Stored data entries
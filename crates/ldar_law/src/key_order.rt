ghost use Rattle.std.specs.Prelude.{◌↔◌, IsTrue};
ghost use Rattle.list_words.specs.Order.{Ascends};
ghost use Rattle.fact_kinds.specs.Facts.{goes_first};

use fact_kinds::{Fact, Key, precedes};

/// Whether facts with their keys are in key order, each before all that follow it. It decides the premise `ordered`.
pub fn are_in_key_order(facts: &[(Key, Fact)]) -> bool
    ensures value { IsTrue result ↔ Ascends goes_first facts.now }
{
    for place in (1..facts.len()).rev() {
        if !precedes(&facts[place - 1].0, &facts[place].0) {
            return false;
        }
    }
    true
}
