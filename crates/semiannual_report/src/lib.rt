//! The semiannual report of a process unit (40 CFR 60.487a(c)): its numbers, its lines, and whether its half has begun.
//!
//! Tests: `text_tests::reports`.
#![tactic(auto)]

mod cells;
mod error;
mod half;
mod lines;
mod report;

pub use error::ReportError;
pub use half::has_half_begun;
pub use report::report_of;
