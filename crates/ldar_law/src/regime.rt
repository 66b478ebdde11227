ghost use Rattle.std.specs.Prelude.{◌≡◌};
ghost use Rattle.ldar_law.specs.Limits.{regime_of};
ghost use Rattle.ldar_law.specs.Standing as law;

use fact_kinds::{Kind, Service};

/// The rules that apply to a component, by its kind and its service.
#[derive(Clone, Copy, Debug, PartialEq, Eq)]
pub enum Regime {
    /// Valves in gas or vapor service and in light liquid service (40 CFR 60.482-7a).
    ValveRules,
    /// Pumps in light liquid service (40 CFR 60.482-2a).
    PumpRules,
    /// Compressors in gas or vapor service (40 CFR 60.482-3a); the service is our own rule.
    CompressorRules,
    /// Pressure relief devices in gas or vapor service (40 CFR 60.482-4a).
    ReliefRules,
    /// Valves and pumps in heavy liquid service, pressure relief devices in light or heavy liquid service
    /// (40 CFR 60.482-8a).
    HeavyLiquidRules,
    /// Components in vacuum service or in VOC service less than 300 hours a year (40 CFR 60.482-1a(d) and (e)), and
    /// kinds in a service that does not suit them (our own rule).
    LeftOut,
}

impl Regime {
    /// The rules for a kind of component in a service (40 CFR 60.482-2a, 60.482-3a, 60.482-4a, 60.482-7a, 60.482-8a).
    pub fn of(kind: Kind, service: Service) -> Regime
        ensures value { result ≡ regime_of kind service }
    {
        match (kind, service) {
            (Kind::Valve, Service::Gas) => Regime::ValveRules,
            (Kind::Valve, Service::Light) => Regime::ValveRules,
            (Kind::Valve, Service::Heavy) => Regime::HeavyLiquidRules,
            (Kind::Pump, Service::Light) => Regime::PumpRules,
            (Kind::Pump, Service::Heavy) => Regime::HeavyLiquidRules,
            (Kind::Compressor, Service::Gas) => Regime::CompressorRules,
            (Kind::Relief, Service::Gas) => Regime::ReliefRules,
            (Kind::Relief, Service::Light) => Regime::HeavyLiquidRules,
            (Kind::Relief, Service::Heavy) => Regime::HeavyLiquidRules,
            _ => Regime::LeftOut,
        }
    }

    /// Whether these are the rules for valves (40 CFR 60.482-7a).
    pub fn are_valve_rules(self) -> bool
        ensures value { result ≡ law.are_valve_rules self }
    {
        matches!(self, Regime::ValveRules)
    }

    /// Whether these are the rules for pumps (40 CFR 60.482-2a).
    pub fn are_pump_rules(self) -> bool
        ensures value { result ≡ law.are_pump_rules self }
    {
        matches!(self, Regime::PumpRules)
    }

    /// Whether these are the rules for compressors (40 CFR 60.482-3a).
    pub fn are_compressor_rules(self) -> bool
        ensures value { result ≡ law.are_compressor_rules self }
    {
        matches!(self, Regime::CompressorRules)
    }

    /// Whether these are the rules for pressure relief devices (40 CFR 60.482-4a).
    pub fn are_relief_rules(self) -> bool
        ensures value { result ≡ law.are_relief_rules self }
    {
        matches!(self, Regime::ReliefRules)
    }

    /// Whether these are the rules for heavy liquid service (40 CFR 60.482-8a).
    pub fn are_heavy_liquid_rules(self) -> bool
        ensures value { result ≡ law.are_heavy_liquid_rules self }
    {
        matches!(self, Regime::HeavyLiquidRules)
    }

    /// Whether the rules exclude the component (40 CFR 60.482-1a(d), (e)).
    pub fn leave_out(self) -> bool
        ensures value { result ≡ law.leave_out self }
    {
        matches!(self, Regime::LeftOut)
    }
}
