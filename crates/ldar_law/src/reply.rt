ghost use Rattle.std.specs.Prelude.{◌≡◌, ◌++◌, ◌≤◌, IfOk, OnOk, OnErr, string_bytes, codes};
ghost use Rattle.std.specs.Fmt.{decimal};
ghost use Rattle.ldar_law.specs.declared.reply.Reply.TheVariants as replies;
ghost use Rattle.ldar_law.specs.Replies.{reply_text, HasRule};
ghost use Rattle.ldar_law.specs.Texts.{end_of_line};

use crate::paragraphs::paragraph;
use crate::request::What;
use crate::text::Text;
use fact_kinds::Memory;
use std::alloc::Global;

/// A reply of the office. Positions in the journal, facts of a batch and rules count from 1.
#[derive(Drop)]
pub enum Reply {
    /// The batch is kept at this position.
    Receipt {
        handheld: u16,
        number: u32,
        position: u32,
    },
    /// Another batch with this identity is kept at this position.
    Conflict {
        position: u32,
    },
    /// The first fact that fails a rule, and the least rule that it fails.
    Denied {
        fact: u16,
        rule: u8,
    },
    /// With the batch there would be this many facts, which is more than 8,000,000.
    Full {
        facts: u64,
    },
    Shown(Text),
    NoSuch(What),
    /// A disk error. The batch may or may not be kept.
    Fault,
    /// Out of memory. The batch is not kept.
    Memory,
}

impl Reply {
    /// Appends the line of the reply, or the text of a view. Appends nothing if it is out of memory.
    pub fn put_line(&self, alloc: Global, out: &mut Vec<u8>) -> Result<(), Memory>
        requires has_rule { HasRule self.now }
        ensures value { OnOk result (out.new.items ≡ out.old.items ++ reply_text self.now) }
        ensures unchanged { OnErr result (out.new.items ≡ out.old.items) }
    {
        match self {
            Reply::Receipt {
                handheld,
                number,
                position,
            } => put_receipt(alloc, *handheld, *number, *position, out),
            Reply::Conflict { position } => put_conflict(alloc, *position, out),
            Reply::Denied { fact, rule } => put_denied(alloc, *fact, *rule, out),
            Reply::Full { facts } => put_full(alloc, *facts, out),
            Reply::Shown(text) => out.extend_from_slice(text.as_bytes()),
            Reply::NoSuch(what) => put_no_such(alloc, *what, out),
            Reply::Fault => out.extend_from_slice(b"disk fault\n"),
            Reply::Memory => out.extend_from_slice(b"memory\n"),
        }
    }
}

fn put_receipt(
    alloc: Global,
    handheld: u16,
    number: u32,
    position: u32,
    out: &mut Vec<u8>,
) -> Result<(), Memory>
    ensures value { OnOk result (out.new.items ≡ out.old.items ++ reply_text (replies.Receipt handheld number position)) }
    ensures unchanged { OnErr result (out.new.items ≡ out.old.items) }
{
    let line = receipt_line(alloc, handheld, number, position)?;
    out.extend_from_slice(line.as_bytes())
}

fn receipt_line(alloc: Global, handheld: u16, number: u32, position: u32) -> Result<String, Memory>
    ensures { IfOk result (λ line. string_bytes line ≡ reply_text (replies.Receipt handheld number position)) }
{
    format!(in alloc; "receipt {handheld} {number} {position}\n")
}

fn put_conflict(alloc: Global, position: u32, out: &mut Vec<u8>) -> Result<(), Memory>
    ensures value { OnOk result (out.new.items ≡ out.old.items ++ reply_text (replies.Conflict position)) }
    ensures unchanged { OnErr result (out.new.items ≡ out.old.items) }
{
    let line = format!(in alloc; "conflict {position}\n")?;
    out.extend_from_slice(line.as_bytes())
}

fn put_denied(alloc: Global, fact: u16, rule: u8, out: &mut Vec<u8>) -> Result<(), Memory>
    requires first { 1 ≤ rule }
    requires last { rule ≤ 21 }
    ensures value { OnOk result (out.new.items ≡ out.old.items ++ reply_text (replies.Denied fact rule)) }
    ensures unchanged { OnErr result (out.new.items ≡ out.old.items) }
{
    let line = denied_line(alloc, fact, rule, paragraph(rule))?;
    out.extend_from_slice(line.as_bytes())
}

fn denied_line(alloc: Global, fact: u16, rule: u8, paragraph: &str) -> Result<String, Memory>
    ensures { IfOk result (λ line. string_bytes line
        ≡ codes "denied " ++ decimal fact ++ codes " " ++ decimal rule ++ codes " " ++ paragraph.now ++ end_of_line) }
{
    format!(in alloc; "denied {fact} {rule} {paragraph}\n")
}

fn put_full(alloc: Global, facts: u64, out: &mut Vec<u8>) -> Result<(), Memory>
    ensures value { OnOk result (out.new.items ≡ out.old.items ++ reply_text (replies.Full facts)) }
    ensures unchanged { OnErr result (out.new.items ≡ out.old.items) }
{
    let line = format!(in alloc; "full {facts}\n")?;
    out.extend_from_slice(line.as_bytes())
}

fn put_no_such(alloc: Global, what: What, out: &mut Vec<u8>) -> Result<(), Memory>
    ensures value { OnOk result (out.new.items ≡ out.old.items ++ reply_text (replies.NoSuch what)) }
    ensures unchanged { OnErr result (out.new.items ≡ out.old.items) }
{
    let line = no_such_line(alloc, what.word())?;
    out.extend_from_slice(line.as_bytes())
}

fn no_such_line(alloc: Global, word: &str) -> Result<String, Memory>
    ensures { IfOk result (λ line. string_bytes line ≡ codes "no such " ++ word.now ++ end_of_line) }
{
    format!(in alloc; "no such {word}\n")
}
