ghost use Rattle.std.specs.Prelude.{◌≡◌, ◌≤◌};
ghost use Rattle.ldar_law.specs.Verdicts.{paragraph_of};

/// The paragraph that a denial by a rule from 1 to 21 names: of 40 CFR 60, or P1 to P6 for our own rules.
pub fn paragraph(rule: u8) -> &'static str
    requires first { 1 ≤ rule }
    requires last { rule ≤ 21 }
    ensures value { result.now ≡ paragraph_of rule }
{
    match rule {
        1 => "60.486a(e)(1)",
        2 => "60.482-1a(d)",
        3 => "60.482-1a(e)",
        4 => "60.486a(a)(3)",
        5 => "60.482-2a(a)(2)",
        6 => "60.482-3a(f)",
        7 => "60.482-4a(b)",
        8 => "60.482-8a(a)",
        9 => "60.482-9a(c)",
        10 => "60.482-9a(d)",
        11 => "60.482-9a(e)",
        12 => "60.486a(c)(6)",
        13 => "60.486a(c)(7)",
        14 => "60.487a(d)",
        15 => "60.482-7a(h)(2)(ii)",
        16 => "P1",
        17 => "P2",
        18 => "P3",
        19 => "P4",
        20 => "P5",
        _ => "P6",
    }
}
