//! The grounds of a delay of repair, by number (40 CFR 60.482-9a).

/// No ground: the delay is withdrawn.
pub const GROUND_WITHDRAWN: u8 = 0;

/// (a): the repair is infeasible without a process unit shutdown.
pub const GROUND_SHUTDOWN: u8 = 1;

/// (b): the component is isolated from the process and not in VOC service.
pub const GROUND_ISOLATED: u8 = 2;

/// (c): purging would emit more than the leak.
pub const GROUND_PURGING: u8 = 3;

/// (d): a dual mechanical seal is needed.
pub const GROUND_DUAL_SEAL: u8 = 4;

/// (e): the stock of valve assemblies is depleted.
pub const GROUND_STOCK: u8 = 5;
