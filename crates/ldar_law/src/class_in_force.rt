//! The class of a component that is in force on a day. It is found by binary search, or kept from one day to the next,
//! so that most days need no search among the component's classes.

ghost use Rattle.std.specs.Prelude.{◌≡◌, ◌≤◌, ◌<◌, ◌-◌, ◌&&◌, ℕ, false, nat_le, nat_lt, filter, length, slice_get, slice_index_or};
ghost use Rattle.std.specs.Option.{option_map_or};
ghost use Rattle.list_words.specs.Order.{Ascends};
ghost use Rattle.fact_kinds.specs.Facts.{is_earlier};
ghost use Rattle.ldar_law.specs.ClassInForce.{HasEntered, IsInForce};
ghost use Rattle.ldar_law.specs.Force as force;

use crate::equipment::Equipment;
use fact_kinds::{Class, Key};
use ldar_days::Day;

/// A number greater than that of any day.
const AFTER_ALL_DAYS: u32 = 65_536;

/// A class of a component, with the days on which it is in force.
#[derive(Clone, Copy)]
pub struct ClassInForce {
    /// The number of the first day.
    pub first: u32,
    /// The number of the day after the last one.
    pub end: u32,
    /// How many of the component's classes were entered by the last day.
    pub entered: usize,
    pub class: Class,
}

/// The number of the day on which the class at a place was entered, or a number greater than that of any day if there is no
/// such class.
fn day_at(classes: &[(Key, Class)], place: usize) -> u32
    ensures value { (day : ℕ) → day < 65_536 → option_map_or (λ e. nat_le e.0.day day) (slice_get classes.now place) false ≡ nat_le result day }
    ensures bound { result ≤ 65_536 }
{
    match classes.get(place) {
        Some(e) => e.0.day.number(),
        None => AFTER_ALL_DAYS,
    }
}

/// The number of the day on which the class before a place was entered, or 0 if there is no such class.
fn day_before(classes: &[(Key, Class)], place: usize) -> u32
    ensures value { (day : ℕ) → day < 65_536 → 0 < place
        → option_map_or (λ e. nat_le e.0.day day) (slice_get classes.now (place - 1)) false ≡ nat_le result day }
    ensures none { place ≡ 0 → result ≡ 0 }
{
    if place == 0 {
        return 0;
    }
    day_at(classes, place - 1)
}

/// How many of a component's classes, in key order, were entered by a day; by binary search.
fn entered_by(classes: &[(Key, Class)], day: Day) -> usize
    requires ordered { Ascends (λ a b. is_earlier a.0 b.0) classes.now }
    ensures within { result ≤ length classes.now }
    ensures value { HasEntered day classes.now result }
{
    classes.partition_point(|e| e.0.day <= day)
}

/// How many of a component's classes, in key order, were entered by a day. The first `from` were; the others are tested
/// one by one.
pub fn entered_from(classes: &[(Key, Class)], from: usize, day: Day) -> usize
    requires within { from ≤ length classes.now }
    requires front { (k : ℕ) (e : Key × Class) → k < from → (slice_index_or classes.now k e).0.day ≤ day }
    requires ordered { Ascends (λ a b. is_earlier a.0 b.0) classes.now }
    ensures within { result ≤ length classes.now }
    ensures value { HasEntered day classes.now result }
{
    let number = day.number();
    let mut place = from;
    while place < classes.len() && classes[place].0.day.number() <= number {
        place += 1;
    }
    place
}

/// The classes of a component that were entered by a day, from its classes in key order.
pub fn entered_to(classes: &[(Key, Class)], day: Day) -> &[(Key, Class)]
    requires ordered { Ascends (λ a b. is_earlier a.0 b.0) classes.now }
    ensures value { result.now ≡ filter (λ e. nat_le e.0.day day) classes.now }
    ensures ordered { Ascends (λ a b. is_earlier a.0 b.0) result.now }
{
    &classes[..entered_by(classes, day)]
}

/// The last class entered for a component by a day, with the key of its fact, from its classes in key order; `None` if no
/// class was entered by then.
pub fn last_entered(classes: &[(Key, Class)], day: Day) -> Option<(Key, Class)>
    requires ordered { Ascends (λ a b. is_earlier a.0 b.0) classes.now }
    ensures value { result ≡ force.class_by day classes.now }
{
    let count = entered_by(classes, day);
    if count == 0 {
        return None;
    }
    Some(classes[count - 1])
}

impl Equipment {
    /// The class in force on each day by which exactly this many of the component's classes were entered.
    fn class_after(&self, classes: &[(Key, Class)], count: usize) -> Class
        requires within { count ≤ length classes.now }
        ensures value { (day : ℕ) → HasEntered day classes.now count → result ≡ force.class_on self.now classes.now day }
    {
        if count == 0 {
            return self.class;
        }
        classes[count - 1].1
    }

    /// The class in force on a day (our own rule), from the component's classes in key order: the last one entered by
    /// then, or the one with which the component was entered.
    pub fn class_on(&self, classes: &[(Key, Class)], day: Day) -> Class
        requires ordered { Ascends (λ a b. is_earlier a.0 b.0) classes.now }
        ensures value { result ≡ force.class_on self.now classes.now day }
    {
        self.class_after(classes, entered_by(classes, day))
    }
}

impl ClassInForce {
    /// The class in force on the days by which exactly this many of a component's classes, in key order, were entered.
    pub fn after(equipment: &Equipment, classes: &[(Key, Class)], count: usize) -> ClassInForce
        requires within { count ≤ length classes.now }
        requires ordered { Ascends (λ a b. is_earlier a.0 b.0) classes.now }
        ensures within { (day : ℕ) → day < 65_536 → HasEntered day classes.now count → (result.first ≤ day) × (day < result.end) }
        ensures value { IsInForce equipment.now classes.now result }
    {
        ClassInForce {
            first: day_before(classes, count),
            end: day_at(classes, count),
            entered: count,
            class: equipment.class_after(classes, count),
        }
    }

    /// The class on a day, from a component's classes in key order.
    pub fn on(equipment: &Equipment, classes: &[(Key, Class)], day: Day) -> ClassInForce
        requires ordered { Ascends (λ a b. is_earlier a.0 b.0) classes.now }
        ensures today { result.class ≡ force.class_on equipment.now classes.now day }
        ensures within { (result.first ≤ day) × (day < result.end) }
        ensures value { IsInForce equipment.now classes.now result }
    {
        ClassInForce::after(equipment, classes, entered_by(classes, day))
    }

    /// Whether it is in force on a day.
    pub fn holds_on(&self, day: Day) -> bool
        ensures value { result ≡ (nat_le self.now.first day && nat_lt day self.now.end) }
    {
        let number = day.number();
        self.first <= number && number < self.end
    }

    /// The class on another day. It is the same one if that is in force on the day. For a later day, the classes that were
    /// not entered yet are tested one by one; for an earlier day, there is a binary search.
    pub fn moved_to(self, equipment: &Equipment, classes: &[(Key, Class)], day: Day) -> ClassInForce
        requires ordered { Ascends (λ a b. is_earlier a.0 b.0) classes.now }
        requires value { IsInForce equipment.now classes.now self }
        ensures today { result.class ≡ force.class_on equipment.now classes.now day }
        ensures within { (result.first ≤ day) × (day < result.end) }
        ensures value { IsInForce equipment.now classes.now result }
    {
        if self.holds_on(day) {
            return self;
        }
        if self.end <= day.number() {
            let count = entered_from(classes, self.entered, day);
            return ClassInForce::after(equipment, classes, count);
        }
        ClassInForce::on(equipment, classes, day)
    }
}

• TASK TO CARRY OUT:
Copy down every line of the entries containing the word "would".

• ANSWER BELOW:
    /// With the batch there would be this many facts, which is more than 8,000,000.
/// (c): purging would emit more than the leak.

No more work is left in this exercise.